*EXERCISE PROMPT*
Take every line from the records below that includes the word "shown".

------------------------------

use std::test::Fail;
use use_table::{Member, UseTable};

/// Names 0 and 1; package 0 has both in its visible part, package 1 has name 0 there and name 1 in its private part.
fn two_packages(alloc: std::alloc::Global) -> Result<UseTable<u32>, Fail> {
    let mut table = UseTable::new(alloc);
    let rows = [
        (0, 0, 10, true),
        (0, 1, 11, true),
        (1, 0, 20, true),
        (1, 1, 21, false),
    ];
    for (home, key, shown, is_visible) in rows {
        let _ = table.declare(alloc, home, key, Member { shown, is_visible })?;
    }
    Ok(table)
}

#[test]
fn a_package_declares_a_name_once(rt: HostRuntime) -> Result<(), Fail> {
    let alloc = rt.alloc();
    let mut table = two_packages(alloc)?;
    let again = Member {
        shown: 30,
        is_visible: true,
    };
    assert!(rt; !table.declare(alloc, 1, 0, again)?);
    assert!(rt; table.declare(alloc, 2, 0, again)?);
    let rows = [
        (0, 0, Some(10)),
        (1, 0, Some(20)),
        (1, 1, Some(21)),
        (2, 0, Some(30)),
        (2, 1, None),
        (0, 7, None),
    ];
    for (home, key, shown) in rows {
        assert_eq!(rt; table.member(home, key).map(|m| m.shown), shown);
    }
    Ok(())
}

#[test]
fn two_of_one_name_hide_each_other(rt: HostRuntime) -> Result<(), Fail> {
    let mut table = two_packages(rt.alloc())?;
    assert_eq!(rt; table.find(0), None);
    table.open_use(0)?;
    assert_eq!(rt; table.find(0), Some(10));
    let open = table.open_uses();
    table.open_use(1)?;
    assert_eq!(rt; table.find(0), None);
    assert_eq!(rt; table.find(1), Some(11));
    table.close_uses(open);
    assert_eq!(rt; table.find(0), Some(10));
    table.close_uses(0);
    assert_eq!(rt; table.find(0), None);
    Ok(())
}

#[test]
fn a_package_that_two_clauses_name_counts_once(rt: HostRuntime) -> Result<(), Fail> {
    let mut table = two_packages(rt.alloc())?;
    table.open_use(1)?;
    table.open_use(1)?;
    assert_eq!(rt; table.find(0), Some(20));
    assert_eq!(rt; table.find(1), None);
    table.close_uses(1);
    assert_eq!(rt; table.find(0), Some(20));
    assert_eq!(rt; table.find(7), None);
    Ok(())
}
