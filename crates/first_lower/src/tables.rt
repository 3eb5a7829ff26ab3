ghost use Rattle.std.specs.Prelude.{◌≡◌, ◌<◌, ◌^◌, length, IfOk};
ghost use Rattle.first_lower.specs.Lowered.{dotted, each_from, low_leaf, low_var, low_item};

use core_form::{Home, Item, Leaf, Part, Sharing, Var};
use first_path::{Variable, Word};
use spark_base::{Bytes, Items, LeafNo, NoMemory, PackageNo, VarNo};
use std::alloc::Global;

/// The printed name of what a package declares.
pub fn dotted(alloc: Global, home: &Word, name: &Word) -> Result<Bytes, NoMemory>
    ensures { IfOk result (λ b. b ≡ dotted home.now name.now) }
{
    let mut bytes = Bytes::from_slice(alloc, home.written.as_slice())?;
    bytes.append(b".")?;
    bytes.append(name.written.as_slice())?;
    Ok(bytes)
}

fn leaf(alloc: Global, home: &Word, number: u32, variable: &Variable) -> Result<Leaf, NoMemory>
    ensures { IfOk result (λ l. l ≡ low_leaf home.now number variable.now) }
{
    Ok(Leaf {
        name: dotted(alloc, home, &variable.name)?,
        var: VarNo(number),
        cells: 1,
    })
}

/// The leaves of the variables.
pub fn leaves(alloc: Global, home: &Word, variables: &[Variable]) -> Result<Items<Leaf>, NoMemory>
    requires { length variables.now < 2 ^ 32 }
    ensures { IfOk result (λ l. l ≡ each_from (low_leaf home.now) 0 variables.now) }
{
    let mut list = Items::new(alloc);
    for (i, variable) in variables.iter().enumerate() {
        list.push(leaf(alloc, home, i as u32, variable)?)?;
    }
    Ok(list)
}

fn var(alloc: Global, home: &Word, number: u32, variable: &Variable) -> Result<Var, NoMemory>
    ensures { IfOk result (λ v. v ≡ low_var home.now number variable.now) }
{
    Ok(Var {
        name: dotted(alloc, home, &variable.name)?,
        place: variable.name.span,
        home: Home::Package(PackageNo(0)),
        part: Part::Visible,
        state: None,
        sharing: Sharing::Plain,
        from: LeafNo(number),
        count: 1,
        assigned: true,
    })
}

/// The variables.
pub fn vars(alloc: Global, home: &Word, variables: &[Variable]) -> Result<Items<Var>, NoMemory>
    requires { length variables.now < 2 ^ 32 }
    ensures { IfOk result (λ l. l ≡ each_from (low_var home.now) 0 variables.now) }
{
    let mut list = Items::new(alloc);
    for (i, variable) in variables.iter().enumerate() {
        list.push(var(alloc, home, i as u32, variable)?)?;
    }
    Ok(list)
}

/// An item for each variable.
pub fn items(alloc: Global, variables: &[Variable]) -> Result<Items<Item>, NoMemory>
    requires { length variables.now < 2 ^ 32 }
    ensures { IfOk result (λ l. l ≡ each_from low_item 0 variables.now) }
{
    let mut list = Items::new(alloc);
    for (i, _variable) in variables.iter().enumerate() {
        list.push(Item::Whole(VarNo(i as u32)))?;
    }
    Ok(list)
}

------------------------------

*EXERCISE SOLUTION*
    for (home, key, shown, is_visible) in rows {
        let _ = table.declare(alloc, home, key, Member { shown, is_visible })?;
        shown: 30,
    for (home, key, shown) in rows {
        assert_eq!(rt; table.member(home, key).map(|m| m.shown), shown);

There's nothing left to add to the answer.